Buttons in the chat box

New Topic Create a new topic within the current assistant.

Upload images or documents Uploading images requires model support. Uploaded documents will be automatically parsed into text and provided to the model as context.

Web Search You must configure web search-related information in Settings. Search results are returned to the large model as context; see Online mode.

Knowledge Base Enable the knowledge base; see Knowledge Base Tutorial.

MCP Server Enable the MCP server feature; see MCP Usage Tutorial.

Generate Images Only when the selected conversation model supports image generation will it be shown. (For non-conversational image-generation models, please go to Drawing)

Select Model For the following conversation, switch to the specified model while keeping the context.

Quick Phrases You need to preset commonly used phrases in Settings first, then call them here and insert them directly; variables are supported.

Clear Messages Delete all content under this topic.

Expand Make the chat box larger so you can input long text.
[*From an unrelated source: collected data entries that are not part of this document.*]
// What the next step of a running operation does: a step carries it out, and a reset tears it.
// What asks for Runs, or for room in the banks, is no call of the device: its callers decide their decline first.
ghost use Rattle.std.specs.Prelude.{◌≡◌, ℕ, Bool, ◌+◌, ◌*◌, ◌^◌, ◌<◌, ◌≤◌, true, length};
ghost use Rattle.std.specs.Option.{is_none, is_some, unwrap_or};
ghost use Rattle.words.specs.Word.{pick};
ghost use Rattle.words.specs.Quad.{quad_at, blank_quad};
ghost use Rattle.device.specs.Record.{bfswap, pfswap};
ghost use Rattle.device.specs.State.{lent};
ghost use Rattle.map.specs.Windows.{window_bytes_of, located, in_second_of};
ghost use Rattle.map.specs.Location.{stands_of};
ghost use Rattle.flash.specs.Effect.{Runs, step_location_of, blocked_of, source_fits_of, source_word_of, effect, effect_from, effect_at_of, effect_of};

use crate::lent::{Banks, Running};
use crate::write::Write;
use device::numbers::{
    LOWER_ERASE, NO_OPERATION, PAGE_ERASE, QUAD_PROGRAM, ROW_PROGRAM, UPPER_ERASE,
};
use device::record::Device;
use device::registers::Nvmcon;
use geometry::layout::Layout;
use map::Location;
use nvmop::{op, target};
use protection::is_boot_protected;
use words::quad::{is_blank, quad_at, quad_from};
use words::word::has;

// Whether the step aborts, and what it writes; the bank and the quad are those that it works on, also where it writes nothing.
#[derive(Clone, Copy, PartialEq, Eq, Debug)]
pub struct Effect {
    pub aborts: bool,
    pub write: Write,
}

// Where a quad of a program region stands.
fn in_region(upper: bool, quad: u32) -> Location
    requires { 16 * quad < 2 ^ 32 }
    ensures { stands_of result ≡ located true upper (16 * quad) }
{
    Location {
        program: true,
        upper,
        offset: 16 * quad,
    }
}

// Whether that quad is in a protected boot page.
#[tactic(auto, unfolding(crate::specs::Effect::blocked_of))]
fn is_blocked(layout: Layout, d: Device, l: Location) -> bool
    requires { l.offset + 16 ≤ window_bytes_of layout.geometry l.program }
    ensures { result ≡ blocked_of layout.geometry d (stands_of l) }
{
    !l.program && is_boot_protected(d, l.upper, l.page(layout))
}

// The word of the SRAM at which the data of a row's next quad begins.
fn source_word(d: Device) -> usize
    ensures { result ≡ source_word_of d }
{
    (d.launched.nvmsrcaddr as usize + 16 * (d.step as usize)) / 4
}

// Whether a row's data is aligned and lies in the SRAM.
#[tactic(auto, unfolding(crate::specs::Effect::source_fits_of))]
fn source_fits(d: Device, sram: usize) -> bool
    ensures { result ≡ source_fits_of d sram }
{
    d.launched.nvmsrcaddr % 4 == 0 && source_word(d) + 4 <= sram
}

// Whether bank 2 stands at a place.
pub fn second_at(d: Device, l: Location) -> bool
    ensures { result ≡ in_second_of (stands_of l) (bfswap d) (pfswap d) }
{
    l.is_second(
        has(d.nvmcon.0, Nvmcon::BFSWAP),
        has(d.nvmcon.0, Nvmcon::PFSWAP),
    )
}

// A quad as it is before the step.
pub fn old_quad(one: &[u32], two: &[u32], second: bool, quad: u32) -> [u32; 4]
    requires { (4 * quad + 4 ≤ length one.now) × (4 * quad + 4 ≤ length two.now) }
    ensures { result ≡ quad_at (pick second two.now one.now) quad }
{
    let bank = if second { two } else { one };
    quad_at(bank, quad as usize)
}

// The words that the next step writes over a quad that is not in a protected boot page. Where there are none it aborts.
#[tactic(auto, using(crate::proofs::EffectLaws::source_room), unfolding(crate::specs::Effect::effect_at_of))]
fn intended(d: Device, sram: &[u32], old: [u32; 4]) -> Option<[u32; 4]>
    ensures { (second : Bool) (quad : ℕ) → effect (is_none result) (is_some result) second quad (unwrap_or result blank_quad)
        ≡ effect_at_of d sram.now second quad old }
{
    let op = op(d);
    if ROW_PROGRAM < op {
        return Some([0xFFFF_FFFF; 4]);
    }
    if !is_blank(old) {
        return None;
    }
    if op == QUAD_PROGRAM {
        return Some(d.launched.nvmdata);
    }
    if !source_fits(d, sram.len()) {
        return None;
    }
    Some(quad_from(sram, source_word(d)))
}

// Where the quad of the next step stands. No call of the device: its callers show that an operation runs.
#[tactic(auto, using(crate::proofs::EffectLaws::steps_high), unfolding(crate::specs::Effect::step_at_of))]
pub fn step_location(layout: Layout, d: Device) -> Location
    requires { Runs layout.geometry d }
    ensures { stands_of result ≡ step_location_of layout.geometry d }
{
    let op = op(d);
    let step = d.step;
    let region = 8 * layout.geometry.q * layout.geometry.p;
    match op {
        NO_OPERATION..=PAGE_ERASE => {
            let target = target(layout, op, d.launched.nvmaddr).unwrap();
            Location {
                offset: target.offset + 16 * step,
                ..target
            }
        }
        LOWER_ERASE => in_region(false, step),
        UPPER_ERASE => in_region(true, step),
        _ if step < region => in_region(false, step),
        _ => in_region(true, step - region),
    }
}

impl Running<'_> {
    // Where the quad of the next step stands.
    pub fn step_location(self) -> Location
        ensures { stands_of result ≡ step_location_of self.entry.banks.layout.geometry self.entry.device }
    {
        step_location(self.banks.layout, self.device)
    }

    // What the next step does.
    #[tactic(auto, unfolding(crate::specs::Effect::effect_of))]
    pub fn next_effect(self, sram: &[u32]) -> Effect
        ensures { effect_from result
            ≡ effect_of self.entry.banks.layout.geometry (lent self.entry.device self.entry.banks.one self.entry.banks.two) sram.now }
    {
        let Banks { layout, one, two } = self.banks;
        let d = self.device;
        let l = self.step_location();
        let second = second_at(d, l);
        let quad = l.quad_index(layout);
        if is_blocked(layout, d, l) {
            return Effect {
                aborts: false,
                write: Write {
                    second,
                    quad,
                    words: None,
                },
            };
        }
        let words = intended(d, sram, old_quad(one, two, second, quad));
        Effect {
            aborts: words.is_none(),
            write: Write {
                second,
                quad,
                words,
            },
        }
    }
}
Clear Context Truncate the context the model can access without deleting content; in other words, the model will “forget” the previous conversation content.
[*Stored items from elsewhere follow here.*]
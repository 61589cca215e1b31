// The one write of a call: at most one quad of two banks.
ghost use Rattle.std.specs.Prelude.{◌≡◌};
ghost use Rattle.flash.specs.Write.{no_write, one_after, two_after, write_from, Fits};

use words::quad::put_quad;

// A quad of a bank, and its words where it is written.
#[derive(Clone, Copy, PartialEq, Eq, Debug)]
pub struct Write {
    pub second: bool,
    pub quad: u32,
    pub words: Option<[u32; 4]>,
}

// Nothing is written.
pub fn no_write() -> Write
    ensures { write_from result ≡ no_write }
{
    Write {
        second: false,
        quad: 0,
        words: None,
    }
}

// Writes the quad where there is one to write. No call of the device: callers show that it lies in the banks.
pub fn apply(one: &mut [u32], two: &mut [u32], w: Write)
    requires { Fits one.old two.old (write_from w) }
    ensures { (one.new ≡ one_after one.old (write_from w)) × (two.new ≡ two_after two.old (write_from w)) }
{
    let Some(words) = w.words else {
        return;
    };
    let quad = w.quad as usize;
    if w.second {
        put_quad(two, quad, words);
    } else {
        put_quad(one, quad, words);
    }
}
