// Flash steps over two lent banks: what the next step of a running operation does, and one step.
#![tactic(auto)]

pub mod effect;
pub mod lent;
pub mod step;
pub mod write;
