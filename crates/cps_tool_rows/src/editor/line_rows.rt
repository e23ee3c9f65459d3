//! The lines of a text, and of the source that it stands for.
use super::assertions::{assert_row, push_ended};
use cps_rpc::Buffer;
use std::alloc::Global;
use std::process::Abort;

/// Asserts the lines of a text, each with a bar behind it.
pub fn assert_lines(rt: &impl Abort, alloc: Global, at: usize, buffer: &Buffer, want: &str) {
    let mut told = Vec::new(alloc);
    for line in buffer.lines() {
        push_ended(rt, &mut told, line, b'|');
    }
    assert_row(rt, at, &told, want);
    drop(told);
}

/// Asserts the lines of the source that it stands for.
fn assert_source(rt: &impl Abort, alloc: Global, at: usize, buffer: &Buffer, want: &str) {
    let mut told = Vec::new(alloc);
    for line in 0..buffer.source_len() {
        push_ended(rt, &mut told, buffer.source_line(line), b'|');
    }
    assert_row(rt, at, &told, want);
    drop(told);
}

/// Texts, their lines, and the lines of their sources. An empty text has an empty line, and its source has none.
const LINES: [(&[u8], &str, &str); 8] = [
    (b"", "|", ""),
    (b"A", "A|", "A|"),
    (b"A\n", "A||", "A|"),
    (b"\n", "||", "|"),
    (b"A\n\nB", "A||B|", "A||B|"),
    (b"A\r\nB\r\n", "A\r|B\r||", "A|B|"),
    (b"A\rB\r\r\nC\r", "A\rB\r\r|C\r|", "A\rB\r|C|"),
    (b"A\n\r", "A|\r|", "A||"),
];

#[test]
fn has_lines(rt: HostRuntime) {
    for (at, (text, lines, source)) in LINES.iter().enumerate() {
        let buffer = Buffer::of(rt.alloc(), text).expect(&rt, "memory");
        assert_lines(&rt, rt.alloc(), at, &buffer, lines);
        assert_source(&rt, rt.alloc(), at, &buffer, source);
        drop(buffer);
    }
}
Estimated Token Count Displays the estimated token count. The four data points are current context count , maximum context count (∞ means unlimited context), message character count in the current input box , Estimated Token Count .
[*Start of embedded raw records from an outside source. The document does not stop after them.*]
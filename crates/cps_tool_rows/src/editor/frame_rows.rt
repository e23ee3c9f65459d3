//! Messages of a stream: by the base protocol of the Language Server Protocol.
use super::assertions::{assert_row, push_ended};
use cps_rpc::{Stream, StreamFault, push_frame};
use std::alloc::Global;
use std::process::Abort;

/// Appends a message behind what stands there, and asserts the text that there is then.
fn assert_frame(rt: &impl Abort, alloc: Global, front: &[u8], message: &[u8], want: &str) {
    let mut text = Vec::new(alloc);
    text.extend_from_slice(front).expect(rt, "memory");
    push_frame(&mut text, message).expect(rt, "memory");
    assert_row(rt, 0, &text, want);
    drop(text);
}

/// A message alone, and one behind another. The length counts bytes: the first character of that text has two.
#[test]
fn writes_a_frame(rt: HostRuntime) {
    assert_frame(&rt, rt.alloc(), b"", b"{}", "Content-Length: 2\r\n\r\n{}");
    let front = b"Content-Length: 1\r\n\r\n0";
    let want = "Content-Length: 1\r\n\r\n0Content-Length: 12\r\n\r\n\"\u{E9}23456789\"";
    assert_frame(&rt, rt.alloc(), front, b"\"\xC3\xA923456789\"", want);
}

/// Takes messages, three at most, each told on a line, and then tells why no further one is given.
fn tell_messages(rt: &impl Abort, stream: &mut Stream, told: &mut Vec<u8>) {
    for _ in 0..3 {
        match stream.take() {
            Ok(Some(message)) => {
                push_ended(rt, told, &message, b'\n');
                drop(message);
            }
            Ok(None) => return push_ended(rt, told, b"part", b'\n'),
            Err(StreamFault::BadHeader) => return push_ended(rt, told, b"bad header", b'\n'),
            Err(StreamFault::Memory) => return push_ended(rt, told, b"no memory", b'\n'),
        }
    }
}

/// Asserts what is told of a stream whenever a piece of it has come.
fn assert_told(rt: &impl Abort, alloc: Global, at: usize, pieces: &[&[u8]], want: &str) {
    let mut stream = Stream::new(alloc);
    let mut told = Vec::new(alloc);
    for piece in pieces {
        stream.extend(piece).expect(rt, "memory");
        tell_messages(rt, &mut stream, &mut told);
    }
    assert_row(rt, at, &told, want);
    drop(told);
    drop(stream);
}

/// Pieces of streams.
const PIECES: [(&[&[u8]], &str); 6] = [
    // a part of a message stays until the rest comes
    (&[b"Content-Length: 2\r\n\r\n{", b"}"], "part\n{}\npart\n"),
    // the length counts bytes: this character has two
    (
        &[b"Content-Length: 4\r\n\r\n\"\xC3\xA9\""],
        "\"\u{E9}\"\npart\n",
    ),
    // the second length doesn't count
    (
        &[b"Content-Length: 2\r\nContent-Length: 3\r\n\r\n{}"],
        "{}\npart\n",
    ),
    // a message of no bytes
    (&[b"Content-Length: 0\r\n\r\n"], "\npart\n"),
    // a header without a length stays
    (
        &[b"Content-Type: text/plain\r\n\r\n{}", b""],
        "bad header\nbad header\n",
    ),
    // no name of a field begins with a brace; the message in front was taken
    (
        &[b"Content-Length: 1\r\n\r\n0{}\r\n\r\n", b"\r\n"],
        "0\nbad header\nbad header\n",
    ),
];

#[test]
fn takes_pieces(rt: HostRuntime) {
    for (at, (pieces, want)) in PIECES.iter().enumerate() {
        assert_told(&rt, rt.alloc(), at, pieces, want);
    }
}

/// Two messages, which end behind 80 and 104 bytes.
const TWO: &[u8] =
    b"Content-Length: 2\r\nContent-Type: application/vscode-jsonrpc; charset=utf-8\r\n\r\n{}\
CONTENT-LENGTH: 3\r\n\r\n[1]";

/// A message that comes behind them. Its header is one only if nothing was left in front.
const THIRD: &[u8] = b"Content-Length: 1\r\n\r\n0";

/// What is told where the first piece has so many bytes of them.
fn told_at(cut: usize) -> &'static str {
    match cut {
        0..=79 => "part\n{}\n[1]\npart\n0\npart\n",
        80..=103 => "{}\npart\n[1]\npart\n0\npart\n",
        _ => "{}\n[1]\npart\npart\n0\npart\n",
    }
}

/// However two messages are cut into two pieces, they are given as soon as they have come, and nothing is left.
#[test]
fn takes_two_messages_at_each_cut(rt: HostRuntime) {
    for cut in 0..=TWO.len() {
        let (front, behind) = TWO.split_at(cut);
        let pieces = [front, behind, THIRD];
        assert_told(&rt, rt.alloc(), cut, &pieces, told_at(cut));
    }
}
This feature is only for estimating token count. The actual token count differs for each model; please refer to the data provided by the model vendor.

Translate Translate the content currently in the input box into English.

Conversation Settings

Model Settings

The parameters in model settings and assistant settings are Model Settings synced; see Assistant Settings.

In conversation settings, only this model setting applies to the current assistant; other settings apply globally. For example: if the message style is set to bubble, then any topic under any assistant will use the bubble style.

Message Settings

Message Divider Line:

Use a divider line to separate the message body from the action bar.

Use serif font:

Font style switch. Now you can also change the font via custom CSS .

Show code line numbers:

Show line numbers for code blocks when the model outputs code snippets.

Code blocks collapsible:

When enabled, long code snippets will automatically collapse into code blocks.

Code blocks wrap lines:

When enabled, long single-line code snippets (exceeding the window) will automatically wrap.

Automatically collapse thought content:

When enabled, models that support thinking will automatically collapse the thinking process after it is complete.

Message Style:

You can switch the conversation interface to bubble style or list style.

Code Style:

You can switch the display style of code snippets.

Mathematical formula engine:

  • KaTeX renders faster because it is specifically designed for performance optimization;

  • MathJax renders slower, but it is more comprehensive and supports more mathematical symbols and commands.

Message font size:

Adjust the font size of the conversation interface.

Input Settings

Show estimated token count:

Show the estimated token cost of the input text in the input box (not the actual context token usage; for reference only).

Paste long text as file:

When copying a long section of text from elsewhere and pasting it into the input box, it will automatically be displayed as a file style to reduce interference with later input.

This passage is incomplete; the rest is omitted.